### [Stored data]
+-------+

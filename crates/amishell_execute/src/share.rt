//! Folders of this machine that are shared with the Shell.
ghost use Rattle.std.specs.Prelude.{◌≡◌, ◌<◌, ◌^◌, ◌-◌, [], None, OnOk};
ghost use Rattle.ados_launch.specs.{Agreement.{Agrees, IsOpenTable}, Deeds.{RunsLines}};

use crate::alone::run_lines;
use crate::due::Due;
use crate::faults::{Fault, not_shared, report};
use crate::home::Home;
use crate::launcher::{Bringer, Start};
use crate::pace::Pace;
use ados_launch::{Listed, Session};
use ados_share::{Arrival, Mirror, Moment, StartPlace};
use ados_text::Text;
use ados_transfer::{MirrorOptions, Volume, push_word, volumes_of};
use ados_world::World;
use std::alloc::Global;
use std::io::Eprint;
use std::process::Processes;
use std::rt::{Env, Files};
use std::time::Clock;

/// The mirror of the folders, and its state.
#[derive(Drop)]
pub struct Share {
    mirror: Mirror,
    home: Home,
    // What was in the folders at the beginning was brought in.
    is_filled: bool,
    pace: Pace,
}

impl Share {
    /// Makes in a new world the directories and the assigns that the words of each `--share` name, and the commands by which files are
    /// brought in.
    #[tactic(auto, using(crate::proofs::Pairs::kept_pair))]
    pub fn open<R: Env + AllocGlobal + Files + Clone + Drop + Clock>(
        rt: &R,
        words: &[&str],
        options: MirrorOptions,
        world: &mut World,
    ) -> Result<Share, Fault>
        requires agrees { Agrees world.old [] }
        ensures agrees { OnOk result (Agrees world.new []) }
        ensures ran { RunsLines world.old world.new }
    {
        let alloc = rt.alloc();
        let home = Home::new(rt)?;
        let volumes = match volumes_of(rt, words, world.files(), world.assigns()) {
            Ok(volumes) => volumes,
            Err(fault) => return Err(not_shared(fault)),
        };
        let mirror = Mirror::new(alloc, volumes, options)?;
        // These lines start no program.
        let mut launcher = Listed::new(Vec::new(alloc));
        let mut session = Session::new(alloc, world, &[]);
        let lines = mirror.first_lines(alloc, world.files())?;
        run_lines(alloc, world, lines.as_slice(), &mut launcher, &mut session)?;
        if !launcher.is_unused() {
            return Err(Fault::NotBrought);
        }
        Ok(Share {
            mirror,
            home,
            is_filled: false,
            pace: Pace::new(rt),
        })
    }

    /// The volumes, in the order of the words.
    pub fn volumes(&self) -> &[Volume] {
        self.mirror.volumes()
    }

    /// What was in the folders at the beginning was brought in. Before that nothing of the script runs.
    pub fn is_filled(&self) -> bool {
        self.is_filled
    }

    /// The line that makes the first directory the current one.
    pub fn change_line(&self, alloc: Global) -> Result<Text, Fault> {
        let mut line = Text::from_bytes(alloc, b"\"CD\"")?;
        if let Some(volume) = self.volumes().first() {
            push_word(&mut line, &volume.place.path(alloc)?, true)?;
        }
        Ok(line)
    }

    /// Before an event: at a program's start, what changed is written to the folders; before its end is reported to the world,
    /// what changed in the folders is brought in. Now and then, and before this process may have to wait, what changed is written too.
    /// `is_ready`: the lines that bring files in were given.
    ///
    /// At an error too the session knows which programs are open.
    pub fn attend<R: AllocGlobal + Files + Eprint + Processes + Clone + Drop + Clock>(
        &mut self,
        rt: &R,
        world: &mut World,
        launcher: &mut Bringer<'_, R>,
        session: &mut Session<'_>,
        is_ready: bool,
    ) -> Result<(), Fault>
        requires count { session.old.schedule.taken < 2 ^ 64 - 1 }
        requires agrees { Agrees world.old launcher.old.calls }
        requires children { IsOpenTable session.old.children launcher.old.calls }
        ensures agrees { OnOk result (Agrees world.new launcher.new.calls) }
        ensures children { IsOpenTable session.new.children launcher.new.calls }
        ensures schedule { session.new.schedule ≡ session.old.schedule }
        ensures held { session.new.held ≡ session.old.held }
        ensures gathered { session.new.gathered ≡ session.old.gathered }
        ensures ran { RunsLines world.old world.new }
    {
        self.follow(world, session)?;
        self.mirror.watch(world.files())?;
        if !self.is_filled {
            if is_ready && world.wants_line() {
                self.bring_in(rt, world, launcher, session)?;
                self.mirror.note_beginning(world.files())?;
                self.is_filled = true;
            }
            return Ok(());
        }
        let due = Due::next(session, world);
        if self.pace.is_due(rt, due) {
            self.write_out(rt, world, Moment::Meanwhile)?;
        }
        match due {
            Due::Start(number) => {
                self.write_out(rt, world, Moment::Start)?;
                launcher.set_start(self.start(rt, world, number)?);
            }
            Due::Wait(number) => {
                launcher.await_end(number);
                self.bring_in(rt, world, launcher, session)?;
            }
            Due::Read | Due::Input | Due::Turn => {}
        }
        Ok(())
    }

    /// The next event is one before which a folder, or a line about one, may be written, or a folder read. `is_ready` as for
    /// [`attend`](Share::attend).
    pub fn may_act(&self, session: &Session<'_>, world: &World, is_ready: bool) -> bool
        requires count { session.now.schedule.taken < 2 ^ 64 - 1 }
    {
        if !self.is_filled {
            return is_ready && world.wants_line();
        }
        match Due::next(session, world) {
            Due::Turn => self.pace.may_be_due(),
            Due::Start(_) | Due::Read | Due::Wait(_) | Due::Input => true,
        }
    }

    /// What the event before renamed is followed, and what it deleted no longer.
    pub fn follow(&mut self, world: &World, session: &mut Session<'_>) -> Result<(), Fault>
        ensures taken { session.new.renamed ≡ None }
        ensures children { session.new.children ≡ session.old.children }
        ensures schedule { session.new.schedule ≡ session.old.schedule }
        ensures held { session.new.held ≡ session.old.held }
        ensures gathered { session.new.gathered ≡ session.old.gathered }
    {
        if let Some(renamed) = session.take_renamed() {
            for object in renamed.as_slice() {
                self.mirror.follow(&object.from, &object.to)?;
            }
        }
        self.mirror.forget_deleted(world.files());
        Ok(())
    }

    /// Writes what changed to the folders at the end. `false` if the two sides are not alike then; nothing ran if they did not come in.
    pub fn close<R: AllocGlobal + Files + Eprint + Clone + Drop + Clock>(
        &mut self,
        rt: &R,
        world: &World,
    ) -> Result<bool, Fault> {
        if !self.is_filled {
            return Ok(true);
        }
        self.write_out(rt, world, Moment::End)?;
        Ok(!self.mirror.differs())
    }

    // Brings in what changed in the folders.
    fn bring_in<R: AllocGlobal + Files + Eprint + Processes + Clone + Drop + Clock>(
        &mut self,
        rt: &R,
        world: &mut World,
        launcher: &mut Bringer<'_, R>,
        session: &mut Session<'_>,
    ) -> Result<(), Fault>
        requires agrees { Agrees world.old launcher.old.calls }
        requires children { IsOpenTable session.old.children launcher.old.calls }
        ensures agrees { OnOk result (Agrees world.new launcher.new.calls) }
        ensures children { IsOpenTable session.new.children launcher.new.calls }
        ensures schedule { session.new.schedule ≡ session.old.schedule }
        ensures held { session.new.held ≡ session.old.held }
        ensures gathered { session.new.gathered ≡ session.old.gathered }
        ensures ran { RunsLines world.old world.new }
    {
        let arrivals = self.mirror.arrivals(rt, world.files());
        // Before the fault too: a folder does not fit because of what these lines name.
        self.report_lines(rt);
        for arrival in arrivals? {
            let arrival = take_in(rt.alloc(), world, launcher, session, arrival)?;
            self.mirror.settle(arrival, world.files())?;
        }
        self.report_lines(rt);
        Ok(())
    }

    // Writes what changed to the folders.
    fn write_out<R: AllocGlobal + Files + Eprint + Clone + Drop + Clock>(
        &mut self,
        rt: &R,
        world: &World,
        moment: Moment,
    ) -> Result<(), Fault> {
        self.mirror.write_out(rt, world.files(), moment)?;
        self.pace.update(rt);
        self.report_lines(rt);
        Ok(())
    }

    // Where a program of a shell starts, by the shell's current directory.
    fn start<R: AllocGlobal + Files + Eprint>(
        &mut self,
        rt: &R,
        world: &World,
        number: u8,
    ) -> Result<Start, Fault> {
        let place = world.shell(number).map(|shell| shell.directory());
        match self.mirror.start_place(rt, place)? {
            StartPlace::Home => Ok(Start::Home),
            StartPlace::Folder(path) => self.home.start(path),
            StartPlace::Nowhere => {
                self.report_lines(rt);
                Ok(Start::Nowhere)
            }
        }
    }

    // Writes to standard error the lines that the mirror has to report.
    fn report_lines<R: AllocGlobal + Eprint>(&mut self, rt: &R) {
        for line in &self.mirror.take_lines() {
            report(rt, line);
        }
    }
}

// Runs the lines of an arrival.
fn take_in<R: Processes>(
    alloc: Global,
    world: &mut World,
    launcher: &mut Bringer<'_, R>,
    session: &mut Session<'_>,
    mut arrival: Arrival,
) -> Result<Arrival, Fault>
    requires agrees { Agrees world.old launcher.old.calls }
    requires children { IsOpenTable session.old.children launcher.old.calls }
    ensures agrees { OnOk result (Agrees world.new launcher.new.calls) }
    ensures children { IsOpenTable session.new.children launcher.new.calls }
    ensures schedule { session.new.schedule ≡ session.old.schedule }
    ensures held { session.new.held ≡ session.old.held }
    ensures gathered { session.new.gathered ≡ session.old.gathered }
    ensures ran { RunsLines world.old world.new }
{
    launcher.offer(arrival.bytes.take());
    run_lines(alloc, world, arrival.lines.as_slice(), launcher, session)?;
    launcher.offer(None);
    Ok(arrival)
}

+-------+

### [Work instruction]
Take every line above carrying "pace" and return it.

### [Reply]
use crate::pace::Pace;
    pace: Pace,
            pace: Pace::new(rt),
        if self.pace.is_due(rt, due) {
            Due::Turn => self.pace.may_be_due(),
        self.pace.update(rt);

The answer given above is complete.